▶ [TASK BRIEF]: Once the line with "most 95 words." is found in the entries below, repeat it and each following line exactly, up to and including the line with "fn first_words(alloc: Global, task: &Task)". Add no other lines.

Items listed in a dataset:
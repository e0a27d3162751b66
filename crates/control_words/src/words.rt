// The words that make control structures.
ghost use Rattle.std.specs.Prelude.{◌≡◌, take};
ghost use Rattle.control_words.specs.Numbers.{control_number};
ghost use Rattle.steps.specs.Does.{OnMarks};

use super::building::build;
use super::marks::mark_address;
use super::structures::structure_of;
use definition::ranged::Registers;
use definition::registers::Mark;
use fault::Fault;

#[derive(Clone, Copy)]
pub enum ControlWord {
    If,
    Else,
    Then,
    Begin,
    While,
    Repeat,
    Until,
    Do,
    Loop,
    PlusLoop,
}

// Builds the structure of a word, from DP and the two top marks on.
pub fn control_word(
    registers: &mut Registers,
    word: ControlWord,
    image: &mut [u8; 65536],
    marks: &mut [Mark; 32],
) -> Result<(), Fault>
    ensures did { OnMarks (control_number word) registers.old image.old marks.old result registers.new image.new marks.new }
    ensures below { take 256 image.new ≡ take 256 image.old }
{
    let top = mark_address(registers, marks, 0);
    let under = mark_address(registers, marks, 1);
    let structure = structure_of(word, registers.shared.ends.dp, top, under);
    build(registers, image, marks, structure)
}
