// The words of control structures: they append a branch to the open definition, and keep marks of what is unfinished.
#![tactic(auto)]

mod building;
mod marks;
mod structures;
pub mod words;
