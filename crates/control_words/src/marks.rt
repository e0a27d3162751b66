// The marks, of which the registers keep how many there are.
ghost use Rattle.std.specs.Prelude.{◌≡◌, ◌+◌, ◌-◌, ◌≤◌, ◌∷◌, ◌++◌, drop, length};
ghost use Rattle.control_words.specs.Structures.{address_at, is_mark, kinds_of, marks_of, with_mark_depth, Replaces};
ghost use Rattle.definition.specs.Compile.{are_marks};
ghost use Rattle.stacks.specs.Stack.{stack_of};

use super::structures::{Leaves, Takes};
use definition::ranged::Registers;
use definition::registers::{Kind, Mark};

pub(crate) fn depth(registers: &Registers) -> usize
    ensures value { result ≡ registers.now.seat.depths.marks }
    ensures limit { result ≤ 32 }
{
    usize::from(registers.seat.depths.marks)
}

// The address of the k-th mark from the top; 0 where there is none.
pub(crate) fn mark_address(registers: &Registers, marks: &[Mark; 32], k: usize) -> u16
    ensures { result ≡ address_at k (stack_of registers.now.seat.depths.marks marks.now) }
{
    if k >= depth(registers) {
        return 0;
    }
    stacks::pick(marks, depth(registers), k).address
}

// Is the k-th mark of this kind?
fn is_mark(registers: &Registers, marks: &[Mark; 32], k: usize, kind: Kind) -> bool
    ensures { result ≡ is_mark k kind (stack_of registers.now.seat.depths.marks marks.now) }
{
    k < depth(registers) && stacks::pick(marks, depth(registers), k).kind == kind
}

// Are the top marks of these kinds?
pub(crate) fn are_marks(registers: &Registers, marks: &[Mark; 32], takes: Takes) -> bool
    ensures { result ≡ are_marks (kinds_of takes) (stack_of registers.now.seat.depths.marks marks.now) }
{
    match takes {
        Takes::Nothing => true,
        Takes::One(kind) => is_mark(registers, marks, 0, kind),
        Takes::Two(top, under) => {
            is_mark(registers, marks, 0, top) && is_mark(registers, marks, 1, under)
        }
    }
}

// Puts a mark on top.
fn push(registers: &mut Registers, marks: &mut [Mark; 32], mark: Mark)
    requires { registers.old.seat.depths.marks + 1 ≤ 32 }
    ensures shared { registers.new.shared ≡ registers.old.shared }
    ensures seat { registers.new.seat ≡ with_mark_depth (registers.old.seat.depths.marks + 1) registers.old.seat }
    ensures stack { stack_of (registers.old.seat.depths.marks + 1) marks.new ≡ mark ∷ stack_of registers.old.seat.depths.marks marks.old }
{
    let depth = stacks::push(marks, depth(registers), mark);
    registers.seat.depths.marks = depth as u16;
}

// Puts what a word leaves in the place of the top n marks.
pub(crate) fn replace_marks(
    registers: &mut Registers,
    marks: &mut [Mark; 32],
    n: usize,
    leaves: Leaves,
)
    requires taken { n ≤ registers.old.seat.depths.marks }
    requires room { length (marks_of leaves) + registers.old.seat.depths.marks ≤ 32 + n }
    ensures { Replaces n leaves registers.old marks.old registers.new marks.new }
{
    registers.seat.depths.marks = stacks::drop_top(marks, depth(registers), n) as u16;
    match leaves {
        Leaves::Nothing => {}
        Leaves::One(mark) => push(registers, marks, mark),
        Leaves::Two(top, under) => {
            push(registers, marks, under);
            push(registers, marks, top);
        }
    }
}
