// Runs the writer of the leak list on the files of its standard input and writes what it answers. A line of the input has the room's length, four hexadecimal digits, and behind a space the file's bytes, two digits
// each. Every byte of the room is a point before the call. A line of the output has number, place, length, leaks, touching, tested and formerly held back, eight digits each, then the room's bytes.
#![tactic(auto)]

use std::io;

// Writes bytes by their digits, two each.
// Stays a buffer that is written at once: shown by std's formats, or as a text in parts, the bytes of a page took five times and more (docs/DECISIONS.md, 224).
fn write_bytes(rt: &impl Print, bytes: &[u8]) -> io::Result<()> {
    let mut digits = [0u8; 2048];
    let n = cases::digits_of(bytes, &mut digits);
    rt.write_all(&digits[..n])
}

// One case: a file, and a room.
fn answer(rt: &impl Print, file: &[u8], room: &mut [u8]) -> io::Result<()> {
    let a = leaklist::leaks(file, room);
    print!(rt;
        "{:08x} {:08x} {:08x} {:08x} ",
        a.number, a.place, a.length, a.leaks
    )?;
    print!(rt;
        "{:08x} {:08x} {:08x} ",
        a.touching, a.tested, a.formerly_held_back
    )?;
    write_bytes(rt, room)?;
    println!(rt; "")
}

// The case of a line, whose file is laid in the room: none where the line has no file, or asks for more than a page of points.
fn run(rt: &impl Print, line: &[u8], room: &mut [u8]) -> io::Result<()> {
    let mut words = line.split(|b| *b == b' ');
    let mut page = [b'.'; 1024];
    if let (Some(head), Some(file)) = (words.next(), words.next()) {
        let n = cases::bytes_of(file, room);
        if let Some(lent) = page.get_mut(..cases::number_of(head) as usize) {
            answer(rt, &room[..n], lent)?;
        }
    }
    Ok(())
}

fn main(rt: HostRuntime) -> io::Result<()> {
    let mut text = [0u8; 131072];
    let mut room = [0u8; 2048];
    let n = cases::read_input(&mut rt.stdin(), &mut text)?;
    for line in cases::lines(&text[..n]) {
        run(&rt, line, &mut room)?;
    }
    Ok(())
}
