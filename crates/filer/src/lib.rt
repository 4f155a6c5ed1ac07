// Footprint files from lists: the lists are judged whole before the first byte is put, and the file is put whole.
#![tactic(auto)]

ghost use Rattle.std.specs.Prelude.{◌≡◌, ◌+◌, ◌*◌, ◌≤◌, length};
ghost use Rattle.text.specs.Room.{Put};
ghost use Rattle.filing.specs.Given.{given_of, recordings, sum_to};
ghost use Rattle.filing.specs.Lists.{given};
ghost use Rattle.filing.specs.File.{table_bytes, file_of};
ghost use Rattle.filing.specs.Fit.{Fit};
ghost use Rattle.filing.specs.Promise.{WritePromise};
ghost use Rattle.filer.specs.Told.{told};

use filing::Lists;
use layout::{ENTRY, Entry, TRAILER};
use refusing::WriteRefusal;
use text::Written;

// The table, for which there is room, from a place on; the place behind it.
fn put_table(room: &mut [u8], at: usize, lists: Lists<'_>) -> usize
    requires small { 24 * sum_to (given lists) (recordings (given lists)) ≤ 65536 }
    requires fits { at + 12 * length lists.ids.now ≤ length room.old }
    ensures { Put room.old at (table_bytes (given lists.entry)) room.new result }
{
    let mut to = at;
    let mut first = 0;
    for i in 0..lists.ids.len() {
        let e = Entry {
            id: lists.ids[i],
            first,
            count: lists.counts[i],
            set: u32::from(lists.sets[i]),
            last: u32::from(lists.lasts[i]),
        };
        to = storing::put_entry(room, to, e).unwrap();
        first += 24 * e.count;
    }
    to
}

// The file of lists that are not refused, at the front of the room, and its length.
fn put_file(room: &mut [u8], lists: Lists<'_>) -> usize
    requires { Fit (given lists) (length room.old) }
    ensures { Put room.old 0 (file_of (given lists.entry)) room.new result }
{
    let n = lists.ids.len();
    let table = 4 * lists.numbers.len();
    let length = table + ENTRY * n + TRAILER;
    let p = storing::put_numbers(room, lists.numbers).unwrap();
    let q = put_table(room, p, lists);
    storing::put_three(room, q, [table as u32, n as u32, length as u32]).unwrap()
}

// The length of the file of these lists, which is put at the front of the room; or the first refusal that applies, and the room is as it was.
// Stays with five slices, as `write` does.
fn put(
    ids: &[u32],
    counts: &[u32],
    sets: &[u8],
    lasts: &[u8],
    numbers: &[i32],
    room: &mut [u8],
) -> Result<usize, WriteRefusal>
    ensures { WritePromise (given_of ids.now counts.now sets.now lasts.now numbers.now) room.old (told result) room.new }
{
    refusing::refusal(ids, counts, sets, lasts, numbers, room.len())?;
    Ok(put_file(
        room,
        Lists {
            ids,
            counts,
            sets,
            lasts,
            numbers,
        },
    ))
}

// Writes the file of these lists to the front of the room and answers its length, or refuses by the first refusal that applies, and the room is as it was.
// Stays with five slices and a number beside a length: so C hands them in and gets it (meskelow_write).
pub fn write(
    ids: &[u32],
    counts: &[u32],
    sets: &[u8],
    lasts: &[u8],
    numbers: &[i32],
    room: &mut [u8],
) -> Written
    ensures { WritePromise (given_of ids.now counts.now sets.now lasts.now numbers.now) room.old result room.new }
{
    match put(ids, counts, sets, lasts, numbers, room) {
        Ok(length) => Written {
            number: 0,
            place: 0,
            length,
        },
        Err(why) => Written {
            number: why.number(),
            place: 0,
            length: 0,
        },
    }
}
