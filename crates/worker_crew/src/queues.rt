//! Processes at the back of a queue.
ghost use Rattle.std.specs.Prelude.{◌≡◌, ◌++◌, OnOk};

use fcp_model::NoMemory;
use std::collections::VecDeque;

/// Puts processes, by their addresses, at the back of a queue, in order. The only error is want of memory.
pub(crate) fn push_all(queue: &mut VecDeque<u32>, processes: &[u32]) -> Result<(), NoMemory>
    ensures { OnOk result (queue.new.items ≡ queue.old.items ++ processes.now) }
{
    for process in processes {
        if queue.push_back(*process).is_err() {
            return Err(NoMemory);
        }
    }
    Ok(())
}
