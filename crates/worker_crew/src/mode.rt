//! The mode of a run.
ghost use Rattle.std.specs.Prelude.{◌≡◌};
ghost use Rattle.fcp_model.specs.OneWorker.{mode_after};
ghost use Rattle.worker_crew.specs.Reached.{mode_of};

use fcp_model::Act;

/// How a run stands that did not fail.
#[derive(Clone, Copy, Debug, PartialEq, Eq)]
pub(crate) enum RunMode {
    Open,
    /// A control suspended the run.
    Held,
    Aborted,
}

/// The mode behind a control.
pub(crate) fn mode_behind(mode: RunMode, act: Act) -> RunMode
    ensures { mode_of result ≡ mode_after act (mode_of mode) }
{
    match act {
        Act::Snapshot => mode,
        Act::Suspend => RunMode::Held,
        Act::Resume => RunMode::Open,
        Act::Abort => RunMode::Aborted,
    }
}
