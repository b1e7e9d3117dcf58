//! The beginning of the run.
ghost use Rattle.std.specs.Prelude.{◌≡◌, ◌≤◌, ◌<◌, [], length, IfOk};
ghost use Rattle.worker_crew.specs.Tasks.{IsTask};
ghost use Rattle.worker_crew.specs.Reached.{IsReached, AreFirstWords};

use crate::engine::Engine;
use crate::mode::RunMode;
use crate::task::Task;
use commit_engine::PlainHall;
use fcp_model::{GoalText, NoMemory};
use goal_layout::{Laid, goal_cells, lay_goal};
use heap_words::PlainHeap;
use move_plans::Planner;
use ready_lists::ready_processes;
use std::alloc::Global;
use std::collections::VecDeque;
use word_commit::Quota;

/// How many cells a page of 1,024 words takes for sure: the words of an entry stand in pieces of at most 95 words.
const PAGE_CELLS: u64 = 928;

/// The greatest number of pages of a heap.
const MOST_PAGES: u32 = 3_906_250;

/// The most controls of a task. So many entries more than there are moves have room in the log.
const MOST_CONTROLS: u32 = 64;

/// The pages in which a goal and so many cells of entries have room. A move of more cells than are left is not planned.
fn pages_for(cells: u32, goal: &GoalText) -> u32
    requires { length goal.now.names ≤ 250 }
{
    let all = cells as u64 + goal_cells(goal) as u64;
    ((all + PAGE_CELLS - 1) / PAGE_CELLS + 1) as u32
}

/// The words of a new heap in which the task's goal was laid. `Err` is want of memory, or of pages.
fn first_words(alloc: Global, task: &Task) -> Result<Vec<u64>, NoMemory>
    requires { IsTask task.now }
    ensures { IfOk result (λ ws. AreFirstWords task.now ws.items) }
{
    let pages = pages_for(task.limits.cells, task.goal.goal());
    if pages > MOST_PAGES {
        return Err(NoMemory);
    }
    let mut words = PlainHeap::make(alloc, pages)?.into_words();
    match lay_goal(words.as_mut_slice(), task.goal) {
        Laid::Done(_) => Ok(words),
        Laid::NoRoom { .. } => Err(NoMemory),
    }
}

/// The engine before the first entry: the goal's processes in the queue, in their order. `Err` is want of memory.
pub(crate) fn start(alloc: Global, task: &Task) -> Result<Engine, NoMemory>
    requires { IsTask task.now }
    ensures { IfOk result (λ e. IsReached task.now [] e) }
{
    run_laws::counts();
    ready_lists::states();
    let words = first_words(alloc, task)?;
    let ready = ready_processes(alloc, words.as_slice())?;
    let quota = Quota {
        commits: task.limits.commits,
        moves: task.limits.moves,
        cells: task.limits.cells,
    };
    let hall = PlainHall::of_words(alloc, words, quota, task.limits.moves + MOST_CONTROLS)?;
    Ok(Engine {
        hall,
        planner: Planner::make(alloc)?,
        queue: VecDeque::from_vec(ready),
        passed: 0,
        asleep: 0,
        made: 0,
        mode: RunMode::Open,
    })
}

▶ [THE ANSWER]:
/// How many cells a page of 1,024 words takes for sure: the words of an entry stand in pieces of at most 95 words.
const PAGE_CELLS: u64 = 928;

/// The greatest number of pages of a heap.
const MOST_PAGES: u32 = 3_906_250;

/// The most controls of a task. So many entries more than there are moves have room in the log.
const MOST_CONTROLS: u32 = 64;

/// The pages in which a goal and so many cells of entries have room. A move of more cells than are left is not planned.
fn pages_for(cells: u32, goal: &GoalText) -> u32
    requires { length goal.now.names ≤ 250 }
{
    let all = cells as u64 + goal_cells(goal) as u64;
    ((all + PAGE_CELLS - 1) / PAGE_CELLS + 1) as u32
}

/// The words of a new heap in which the task's goal was laid. `Err` is want of memory, or of pages.
fn first_words(alloc: Global, task: &Task) -> Result<Vec<u64>, NoMemory>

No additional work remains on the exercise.